Task prompt. Return the opening lines of the material, word for word. End with the line that contains "Adds what the".

━━━━━━━━━━━━━━━━━━━━━━━━━━━━━━

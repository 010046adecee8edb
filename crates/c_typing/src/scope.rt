// What the items of a file have declared.
ghost use Rattle.std.specs.Prelude.{◌≡◌, ◌++◌, IfOk, OnOk, OnErr, take, length};
ghost use Rattle.std.specs.Option.{option_copied};
ghost use Rattle.c_typing.specs.Declarations.{declared_for_rest};
ghost use Rattle.c_typing.specs.Names.{last_type};
ghost use Rattle.c_typing.specs.Fields.{field_type};
ghost use Rattle.c_typing.specs.Scopes as spec;

use crate::binding::Binding;
use crate::bindings::Bindings;
use crate::declaration::{declared_for_rest, item_names};
use crate::field::Fields;
use c_terms::{Label, NoMemory, Tree};
use c_types::Ty;
use std::alloc::Global;

/// The names that items have declared, with their types, and the fields of the structures and unions that they define.
#[derive(Drop)]
pub struct Scope {
    pub(crate) names: Bindings,
    pub(crate) fields: Fields,
}

impl Scope {
    /// Returns a scope without names and fields. Allocates nothing.
    pub fn new(alloc: Global) -> Scope
        ensures empty { result ≡ spec.no_declarations }
    {
        Scope {
            names: Bindings::new(alloc),
            fields: Fields::new(alloc),
        }
    }

    /// Adds what the item declares at its top level: its names at the end, and the fields of the structures and unions
    /// with a tag in its specifiers, of which those that are there change nothing. Linear in what it declares. Recurses
    /// once per level of the declarators and structures.
    pub fn add(&mut self, alloc: Global, item: &Tree) -> Result<(), NoMemory>
        ensures ok { OnOk result (self.new ≡ spec.with_item self.old item.now) }
        ensures err { OnErr result (self.new ≡ self.old) }
    {
        let names = self.names.len();
        let fields = self.fields.len();
        match self.try_add(alloc, item) {
            Ok(()) => Ok(()),
            Err(NoMemory) => {
                self.names.truncate(names);
                self.fields.truncate(fields);
                Err(NoMemory)
            }
        }
    }

    /// Returns the type of the last declaration of a name, or nothing if there is none. One look-up.
    pub fn name_type(&self, name: &[u8]) -> Option<&Option<Ty>>
        ensures value { option_copied result ≡ last_type self.now.names name.now }
    {
        self.names.find(name)
    }

    /// Returns the type of a field of the structure or union with this tag, or nothing if there is none. One look-up.
    pub fn field_type(
        &self,
        alloc: Global,
        is_union: bool,
        tag: &[u8],
        name: &[u8],
    ) -> Result<Option<&Option<Ty>>, NoMemory>
        ensures value { IfOk result (λ found. option_copied found ≡ field_type self.now.fields is_union tag.now name.now) }
    {
        self.fields.find(alloc, is_union, tag, name)
    }

    fn try_add(&mut self, alloc: Global, item: &Tree) -> Result<(), NoMemory>
        ensures ok { OnOk result (self.new ≡ spec.with_item self.old item.now) }
        ensures names { take (length self.old.names) self.new.names ≡ self.old.names }
        ensures fields { take (length self.old.fields) self.new.fields ≡ self.old.fields }
    {
        self.fields.add_item(alloc, item)?;
        let names = item_names(alloc, item)?;
        push_all(alloc, names, &mut self.names)
    }
}

/// Appends the names.
pub(crate) fn push_all(
    alloc: Global,
    names: Vec<Binding>,
    bindings: &mut Bindings,
) -> Result<(), NoMemory>
    ensures ok { OnOk result (bindings.new ≡ bindings.old ++ names.items) }
    ensures kept { take (length bindings.old) bindings.new ≡ bindings.old }
{
    for binding in names {
        bindings.push(alloc, binding)?;
    }
    Ok(())
}

/// Appends the names that a child of a branch with this label declares for the children that follow it. One step, if the
/// label is one that declares nothing.
pub(crate) fn push_rest(
    alloc: Global,
    label: Label,
    child: &Tree,
    bindings: &mut Bindings,
) -> Result<(), NoMemory>
    ensures { OnOk result (bindings.new ≡ bindings.old ++ declared_for_rest label child.now) }
{
    match label {
        Label::Block | Label::ForDecl | Label::Params | Label::FunDef => {
            push_all(alloc, declared_for_rest(alloc, label, child)?, bindings)
        }
        _ => Ok(()),
    }
}

impl Fields {
    fn add_item(&mut self, alloc: Global, item: &Tree) -> Result<(), NoMemory>
        ensures ok { OnOk result (self.new ≡ spec.with_item_fields self.old item.now) }
        ensures kept { take (length self.old) self.new ≡ self.old }
    {
        match specifiers(item) {
            Some(specs) => self.add_all(alloc, specs),
            None => Ok(()),
        }
    }
}

fn specifiers_by(label: Label, children: &[Tree]) -> Option<&Tree>
    ensures { option_copied result ≡ spec.specifiers_by label children.now }
{
    match label {
        Label::Decl | Label::FunDef => children.get(0),
        _ => None,
    }
}

/// Returns the specifiers of a declaration or of a function.
fn specifiers(item: &Tree) -> Option<&Tree>
    ensures { option_copied result ≡ spec.specifiers item.now }
{
    match item {
        Tree::Leaf(_) => None,
        Tree::Branch(label, children) => specifiers_by(*label, children.as_slice()),
    }
}
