// The type that the specifiers of a declaration name.
ghost use Rattle.std.specs.Prelude.{◌≡◌, ◌<◌, ◌++◌, IfOk, OnOk, [], slice_index_or};
ghost use Rattle.std.specs.List.{list_any};
ghost use Rattle.std.specs.Option.{option_copied};
ghost use Rattle.c_typing.specs.Base as spec;

use c_terms::{Label, NoMemory, Text, TokenKind, Tree, same_text};
use c_types::{Ty, same_words};
use sqlite_items::Items;
use std::alloc::Global;

/// Returns the children of a branch. A leaf has none.
pub(crate) fn kids(tree: &Tree) -> &[Tree]
    ensures { result.now ≡ spec.kids tree.now }
{
    match tree {
        Tree::Leaf(_) => &[],
        Tree::Branch(_, children) => children.as_slice(),
    }
}

/// Returns the text of a token, and otherwise an empty text.
pub(crate) fn token_text(tree: &Tree) -> &[u8]
    ensures { result.now ≡ spec.token_text tree.now }
{
    match tree {
        Tree::Leaf(token) => token.text.as_bytes(),
        Tree::Branch(_, _) => &[],
    }
}

/// Whether the tree is a token with this text.
fn is_word(tree: &Tree, word: &[u8]) -> bool
    ensures { result ≡ spec.is_word word.now tree.now }
{
    match tree {
        Tree::Leaf(token) => same_text(word, token.text.as_bytes()),
        Tree::Branch(_, _) => false,
    }
}

/// Returns the text of child `i` if that is a token, and otherwise an empty text.
pub(crate) fn text_at(children: &[Tree], i: usize) -> &[u8]
    ensures { result.now ≡ spec.text_at children.now i }
{
    match children.get(i) {
        Some(child) => token_text(child),
        None => &[],
    }
}

/// Whether child `i` is a token with this text.
pub(crate) fn is_word_at(children: &[Tree], i: usize, word: &[u8]) -> bool
    ensures { result ≡ spec.is_word_at word.now children.now i }
{
    match children.get(i) {
        Some(child) => is_word(child, word),
        None => false,
    }
}

/// Returns the text of a tree that is a name.
pub(crate) fn name(tree: &Tree) -> Option<&Text>
    ensures { option_copied result ≡ spec.name tree.now }
{
    match tree {
        Tree::Leaf(token) if token.kind == TokenKind::Name => Some(&token.text),
        _ => None,
    }
}

/// Returns the text of child `i` if that is a name.
pub(crate) fn name_at(children: &[Tree], i: usize) -> Option<&Text>
    ensures { option_copied result ≡ spec.name_at children.now i }
{
    match children.get(i) {
        Some(child) => name(child),
        None => None,
    }
}

/// The number of words that name basic types.
const WORDS: usize = 11;

/// Returns a word that names a basic type, in the order of their bytes.
fn basic_word(i: usize) -> &'static [u8]
    requires { i < WORDS }
    ensures { result.now ≡ slice_index_or spec.basic_words i [] }
{
    match i {
        0 => b"_Bool",
        1 => b"_Complex",
        2 => b"char",
        3 => b"double",
        4 => b"float",
        5 => b"int",
        6 => b"long",
        7 => b"short",
        8 => b"signed",
        9 => b"unsigned",
        _ => b"void",
    }
}

/// Appends the word once for each child that is this keyword.
fn put_word(
    alloc: Global,
    word: &[u8],
    children: &[Tree],
    found: &mut Items<Text>,
) -> Result<(), NoMemory>
    ensures { OnOk result (found.new ≡ found.old ++ spec.times word.now children.now) }
{
    for child in children {
        if is_keyword(child, word) {
            found.push(Text::from_bytes(alloc, word)?)?;
        }
    }
    Ok(())
}

/// Whether the tree is this keyword.
fn is_keyword(tree: &Tree, word: &[u8]) -> bool
    ensures { result ≡ spec.is_keyword word.now tree.now }
{
    match tree {
        Tree::Leaf(token) => {
            token.kind == TokenKind::Keyword && same_text(word, token.text.as_bytes())
        }
        Tree::Branch(_, _) => false,
    }
}

/// Returns the words of the basic type, in the order of their bytes.
fn words_of(alloc: Global, children: &[Tree]) -> Result<Items<Text>, NoMemory>
    ensures { IfOk result (λ words. words ≡ spec.words_of children.now) }
{
    let mut words = Items::new(alloc);
    for i in 0..WORDS {
        put_word(alloc, basic_word(i), children, &mut words)?;
    }
    Ok(words)
}

/// Whether the word makes `int` and `signed` say nothing more.
fn is_size(word: &[u8]) -> bool
    ensures { result ≡ spec.is_size word.now }
{
    same_text(word, b"short") || (same_text(word, b"long") || same_text(word, b"unsigned"))
}

fn is_plain(word: &[u8]) -> bool
    ensures { result ≡ spec.is_plain word.now }
{
    same_text(word, b"int") || same_text(word, b"signed")
}

fn has_size(words: &[Text]) -> bool
    ensures { result ≡ list_any spec.is_size words.now }
{
    for word in words {
        if is_size(word.as_bytes()) {
            return true;
        }
    }
    false
}

fn is_all_plain(words: &[Text]) -> bool
    ensures { result ≡ spec.is_all_plain words.now }
{
    match words {
        [only] => same_text(only.as_bytes(), b"signed"),
        [first, second] => {
            same_text(first.as_bytes(), b"int") && same_text(second.as_bytes(), b"signed")
        }
        _ => false,
    }
}

fn without_plain(alloc: Global, words: &[Text]) -> Result<Items<Text>, NoMemory>
    ensures { IfOk result (λ kept. kept ≡ spec.without_plain words.now) }
{
    let mut kept = Items::new(alloc);
    for word in words {
        if !is_plain(word.as_bytes()) {
            kept.push(word.copy(alloc)?)?;
        }
    }
    Ok(kept)
}

/// Returns the same type in as few words as there are.
fn shortest(alloc: Global, words: Items<Text>) -> Result<Items<Text>, NoMemory>
    ensures { IfOk result (λ kept. kept ≡ spec.shortest words) }
{
    if has_size(words.as_slice()) {
        return without_plain(alloc, words.as_slice());
    }
    if is_all_plain(words.as_slice()) {
        return one_word(alloc, b"int");
    }
    Ok(words)
}

/// Returns a list of one word.
pub(crate) fn one_word(alloc: Global, word: &[u8]) -> Result<Items<Text>, NoMemory>
    ensures { IfOk result (λ words. words ≡ spec.one_word word.now) }
{
    let mut words = Items::new(alloc);
    words.push(Text::from_bytes(alloc, word)?)?;
    Ok(words)
}

/// Returns the type that a structure, union or enumeration with a tag is.
fn tagged(alloc: Global, label: Label, children: &[Tree]) -> Result<Option<Ty>, NoMemory>
    ensures { IfOk result (λ ty. ty ≡ spec.tagged label children.now) }
{
    let Some(tag) = name_at(children, 1) else {
        return Ok(None);
    };
    match label {
        Label::StructUse | Label::StructDef => {
            let is_union = is_word_at(children, 0, b"union");
            Ok(Some(Ty::Tag(is_union, tag.copy(alloc)?)))
        }
        Label::EnumUse | Label::EnumDef => Ok(Some(Ty::Enumer(tag.copy(alloc)?))),
        _ => Ok(None),
    }
}

/// Returns the type that one of the specifiers names, unless it is a word.
fn named(alloc: Global, part: &Tree) -> Result<Option<Ty>, NoMemory>
    ensures { IfOk result (λ ty. ty ≡ spec.named part.now) }
{
    match part {
        Tree::Leaf(token) => {
            if token.kind != TokenKind::Name {
                return Ok(None);
            }
            Ok(Some(Ty::Named(token.text.copy(alloc)?)))
        }
        Tree::Branch(label, children) => tagged(alloc, *label, children.as_slice()),
    }
}

fn first_named(alloc: Global, children: &[Tree]) -> Result<Option<Ty>, NoMemory>
    ensures { IfOk result (λ ty. ty ≡ spec.first_named children.now) }
{
    for child in children {
        if let Some(ty) = named(alloc, child)? {
            return Ok(Some(ty));
        }
    }
    Ok(None)
}

/// Returns the type that the specifiers name, if they name one.
pub(crate) fn base_type(alloc: Global, specs: &Tree) -> Result<Option<Ty>, NoMemory>
    ensures { IfOk result (λ ty. ty ≡ spec.base_type specs.now) }
{
    let children = kids(specs);
    let words = shortest(alloc, words_of(alloc, children)?)?;
    if words.is_empty() {
        return first_named(alloc, children);
    }
    Ok(Some(Ty::Basic(words)))
}

/// Whether one of the specifiers is `typedef`.
pub(crate) fn is_typedef(specs: &Tree) -> bool
    ensures { result ≡ spec.is_typedef specs.now }
{
    for child in kids(specs) {
        if is_keyword(child, b"typedef") {
            return true;
        }
    }
    false
}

━━━━━━━━━━━━━━━━━━━━━━━━━━━━━━

Response to this exercise.
repository 010046adecee8edb
filename crates/c_typing/src/scope.rt
// What the items of a file have declared.
ghost use Rattle.std.specs.Prelude.{◌≡◌, ◌++◌, IfOk, OnOk, OnErr, take, length};
ghost use Rattle.std.specs.Option.{option_copied};
ghost use Rattle.c_typing.specs.Declarations.{declared_for_rest};
ghost use Rattle.c_typing.specs.Names.{last_type};
ghost use Rattle.c_typing.specs.Fields.{field_type};
ghost use Rattle.c_typing.specs.Scopes as spec;

use crate::binding::Binding;
use crate::bindings::Bindings;
use crate::declaration::{declared_for_rest, item_names};
use crate::field::Fields;
use c_terms::{Label, NoMemory, Tree};
use c_types::Ty;
use std::alloc::Global;

/// The names that items have declared, with their types, and the fields of the structures and unions that they define.
#[derive(Drop)]
pub struct Scope {
    pub(crate) names: Bindings,
    pub(crate) fields: Fields,
}

impl Scope {
    /// Returns a scope without names and fields. Allocates nothing.
    pub fn new(alloc: Global) -> Scope
        ensures empty { result ≡ spec.no_declarations }
    {
        Scope {
            names: Bindings::new(alloc),
            fields: Fields::new(alloc),
        }
    }

    /// Adds what the item declares at its top level: its names at the end, and the fields of the structures and unions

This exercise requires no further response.